//! Terms of the running language: values, their total order, their sorts, and the builtin operators' names.
#![tactic(auto)]

mod cell_list;
mod copies;
mod depths;
pub mod laws;
mod many;
mod memory;
mod names;
mod op;
mod order;
mod sorts;
mod value;

pub use cell_list::CellList;
pub use copies::{copy, copy_pairs, copy_text, copy_values};
pub use depths::depth;
pub use many::Many;
pub use memory::Memory;
pub use names::Names;
pub use op::Op;
pub use order::{cmp, equal};
pub use sorts::{Sorts, sort};
pub use value::{Content, Pairs, Symbol, Text, Value, Values};

/// A list of numbers.
pub type Numbers = Many<u64>;
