//! The tests that a post and an end have to pass, which allocate nothing.

ghost use Rattle.std.specs.Prelude.{◌≡◌, ◌==◌, length, IfOk};
ghost use Rattle.std.specs.List.{list_any};
ghost use Rattle.std.specs.Option.{option_copied};
ghost use Rattle.am_silence.specs.declared.error.SilenceError.TheVariants as errors;
ghost use Rattle.am_silence.specs.Plans.{silence_in_view, held_version};
ghost use Rattle.am_silence.specs.Refusals.{Refuses, ◌when◌, posted_refusal, unread_refusal, verdict_refusal, times_refusal, newer_refusal, held_refusal};

use crate::error::SilenceError;
use crate::iter::MatcherIter;
use crate::mesh::MeshSilence;
use crate::plan::{Posted, Verdict};
use crate::state::State;
use am_version_order::Moment;

/// Tests what is posted, and the silence that is posted again, which is returned.
#[tactic(auto, unfolding(crate::specs::Refusals::posted_refusal))]
pub fn check_posted<'a>(
    held: Option<&'a MeshSilence>,
    posted: &Posted,
    verdict: Verdict,
    now: Moment,
) -> Result<Option<&'a MeshSilence>, SilenceError>
    ensures held { IfOk result (λ version. option_copied version ≡ held_version (option_copied held.entry) posted.now) }
    ensures tests { Refuses result (posted_refusal (option_copied held.entry) posted.now verdict now) }
{
    if let Some(error) = refused_unread(held, posted) {
        return Err(error);
    }
    check_verdict(verdict)?;
    let held = held_version(held, posted);
    check_times(posted, now)?;
    check_held(held, now)?;
    Ok(held)
}

/// Returns the reason why a post is refused whatever its patterns are: an identifier that isn't in view, no matcher, or a
/// matcher without a label's name. `held` is as [`plan_post`](crate::plan_post) takes it. Nothing is allocated.
#[tactic(auto, unfolding(crate::specs::Refusals::unread_refusal))]
pub fn refused_unread(held: Option<&MeshSilence>, posted: &Posted) -> Option<SilenceError>
    ensures { result ≡ unread_refusal (option_copied held.entry) posted.now }
{
    if posted.id.is_some() && held.is_none() {
        return Some(SilenceError::NotFound);
    }
    if posted.matchers.is_empty() {
        return Some(SilenceError::NoMatcher);
    }
    if has_empty_name(posted.matchers.iter()) {
        return Some(SilenceError::EmptyName);
    }
    None
}

// Checks that the patterns of the matchers are fine.
fn check_verdict(verdict: Verdict) -> Result<(), SilenceError>
    ensures tests { Refuses result (verdict_refusal verdict) }
{
    match verdict {
        Verdict::Fine => Ok(()),
        Verdict::Bad => Err(SilenceError::BadPattern),
        Verdict::AllEmpty => Err(SilenceError::AllMatchEmpty),
    }
}

// Returns the version of the silence that is posted again, if there is one.
fn held_version<'a>(held: Option<&'a MeshSilence>, posted: &Posted) -> Option<&'a MeshSilence>
    ensures { option_copied result ≡ held_version (option_copied held.entry) posted.now }
{
    if posted.id.is_none() {
        return None;
    }
    held
}

// Returns whether any matcher has no label's name.
fn has_empty_name(matchers: MatcherIter<'_>) -> bool
    ensures { result ≡ list_any (λ m. length m.name == 0) matchers.entry }
{
    for matcher in matchers {
        if matcher.name().is_empty() {
            return true;
        }
    }
    false
}

// Checks that the end is after the start, and after now.
#[tactic(auto, unfolding(crate::specs::Refusals::times_refusal))]
fn check_times(posted: &Posted, now: Moment) -> Result<(), SilenceError>
    ensures tests { Refuses result (times_refusal posted.now now) }
{
    if posted.ends_at <= posted.starts_at {
        return Err(SilenceError::EndNotAfterStart);
    }
    if posted.ends_at <= now {
        return Err(SilenceError::EndInPast);
    }
    Ok(())
}

/// Checks that the silence was updated before now, so that a version made now is greater.
#[tactic(auto, unfolding(crate::specs::Refusals::newer_refusal))]
pub fn check_older(held: &MeshSilence, now: Moment) -> Result<(), SilenceError>
    ensures tests { Refuses result (newer_refusal held.now.silence now) }
{
    if held.updated_at() >= now {
        return Err(SilenceError::Newer {
            held: held.updated_at(),
        });
    }
    Ok(())
}

// Checks the same of a silence that is posted again, unless it has expired, since it gets no new version then.
#[tactic(auto, unfolding(crate::specs::Refusals::held_refusal))]
fn check_held(held: Option<&MeshSilence>, now: Moment) -> Result<(), SilenceError>
    ensures tests { Refuses result (held_refusal (silence_in_view (option_copied held.entry)) now) }
{
    match held {
        Some(held) if held.state_at(now) != State::Expired => check_older(held, now),
        _ => Ok(()),
    }
}

/// Checks that no silence has the fresh identifier.
pub fn check_fresh(id_held: bool) -> Result<(), SilenceError>
    ensures { Refuses result (errors.IdInUse when id_held) }
{
    if id_held {
        return Err(SilenceError::IdInUse);
    }
    Ok(())
}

··········

## What to produce
Write the data out again. Match it word for word.

## Answer for this exercise
//! Terms of the running language: values, their total order, their sorts, and the builtin operators' names.
#![tactic(auto)]

mod cell_list;
mod copies;
mod depths;
pub mod laws;
mod many;
mod memory;
mod names;
mod op;
mod order;
mod sorts;
mod value;

pub use cell_list::CellList;
pub use copies::{copy, copy_pairs, copy_text, copy_values};
pub use depths::depth;
pub use many::Many;
pub use memory::Memory;
pub use names::Names;
pub use op::Op;
pub use order::{cmp, equal};
pub use sorts::{Sorts, sort};
pub use value::{Content, Pairs, Symbol, Text, Value, Values};

/// A list of numbers.
pub type Numbers = Many<u64>;
//! The tests that a post and an end have to pass, which allocate nothing.

ghost use Rattle.std.specs.Prelude.{◌≡◌, ◌==◌, length, IfOk};
ghost use Rattle.std.specs.List.{list_any};
ghost use Rattle.std.specs.Option.{option_copied};
ghost use Rattle.am_silence.specs.declared.error.SilenceError.TheVariants as errors;
ghost use Rattle.am_silence.specs.Plans.{silence_in_view, held_version};
ghost use Rattle.am_silence.specs.Refusals.{Refuses, ◌when◌, posted_refusal, unread_refusal, verdict_refusal, times_refusal, newer_refusal, held_refusal};

use crate::error::SilenceError;
use crate::iter::MatcherIter;
use crate::mesh::MeshSilence;
use crate::plan::{Posted, Verdict};
use crate::state::State;
use am_version_order::Moment;

/// Tests what is posted, and the silence that is posted again, which is returned.
#[tactic(auto, unfolding(crate::specs::Refusals::posted_refusal))]
pub fn check_posted<'a>(
    held: Option<&'a MeshSilence>,
    posted: &Posted,
    verdict: Verdict,
    now: Moment,
) -> Result<Option<&'a MeshSilence>, SilenceError>
    ensures held { IfOk result (λ version. option_copied version ≡ held_version (option_copied held.entry) posted.now) }
    ensures tests { Refuses result (posted_refusal (option_copied held.entry) posted.now verdict now) }
{
    if let Some(error) = refused_unread(held, posted) {
        return Err(error);
    }
    check_verdict(verdict)?;
    let held = held_version(held, posted);
    check_times(posted, now)?;
    check_held(held, now)?;
    Ok(held)
}

/// Returns the reason why a post is refused whatever its patterns are: an identifier that isn't in view, no matcher, or a
/// matcher without a label's name. `held` is as [`plan_post`](crate::plan_post) takes it. Nothing is allocated.
#[tactic(auto, unfolding(crate::specs::Refusals::unread_refusal))]
pub fn refused_unread(held: Option<&MeshSilence>, posted: &Posted) -> Option<SilenceError>
    ensures { result ≡ unread_refusal (option_copied held.entry) posted.now }
{
    if posted.id.is_some() && held.is_none() {
        return Some(SilenceError::NotFound);
    }
    if posted.matchers.is_empty() {
        return Some(SilenceError::NoMatcher);
    }
    if has_empty_name(posted.matchers.iter()) {
        return Some(SilenceError::EmptyName);
    }
    None
}

// Checks that the patterns of the matchers are fine.
fn check_verdict(verdict: Verdict) -> Result<(), SilenceError>
    ensures tests { Refuses result (verdict_refusal verdict) }
{
    match verdict {
        Verdict::Fine => Ok(()),
        Verdict::Bad => Err(SilenceError::BadPattern),
        Verdict::AllEmpty => Err(SilenceError::AllMatchEmpty),
    }
}

// Returns the version of the silence that is posted again, if there is one.
fn held_version<'a>(held: Option<&'a MeshSilence>, posted: &Posted) -> Option<&'a MeshSilence>
    ensures { option_copied result ≡ held_version (option_copied held.entry) posted.now }
{
    if posted.id.is_none() {
        return None;
    }
    held
}

// Returns whether any matcher has no label's name.
fn has_empty_name(matchers: MatcherIter<'_>) -> bool
    ensures { result ≡ list_any (λ m. length m.name == 0) matchers.entry }
{
    for matcher in matchers {
        if matcher.name().is_empty() {
            return true;
        }
    }
    false
}

// Checks that the end is after the start, and after now.
#[tactic(auto, unfolding(crate::specs::Refusals::times_refusal))]
fn check_times(posted: &Posted, now: Moment) -> Result<(), SilenceError>
    ensures tests { Refuses result (times_refusal posted.now now) }
{
    if posted.ends_at <= posted.starts_at {
        return Err(SilenceError::EndNotAfterStart);
    }
    if posted.ends_at <= now {
        return Err(SilenceError::EndInPast);
    }
    Ok(())
}

/// Checks that the silence was updated before now, so that a version made now is greater.
#[tactic(auto, unfolding(crate::specs::Refusals::newer_refusal))]
pub fn check_older(held: &MeshSilence, now: Moment) -> Result<(), SilenceError>
    ensures tests { Refuses result (newer_refusal held.now.silence now) }
{
    if held.updated_at() >= now {
        return Err(SilenceError::Newer {
            held: held.updated_at(),
        });
    }
    Ok(())
}

// Checks the same of a silence that is posted again, unless it has expired, since it gets no new version then.
#[tactic(auto, unfolding(crate::specs::Refusals::held_refusal))]
fn check_held(held: Option<&MeshSilence>, now: Moment) -> Result<(), SilenceError>
    ensures tests { Refuses result (held_refusal (silence_in_view (option_copied held.entry)) now) }
{
    match held {
        Some(held) if held.state_at(now) != State::Expired => check_older(held, now),
        _ => Ok(()),
    }
}

/// Checks that no silence has the fresh identifier.
pub fn check_fresh(id_held: bool) -> Result<(), SilenceError>
    ensures { Refuses result (errors.IdInUse when id_held) }
{
    if id_held {
        return Err(SilenceError::IdInUse);
    }
    Ok(())
}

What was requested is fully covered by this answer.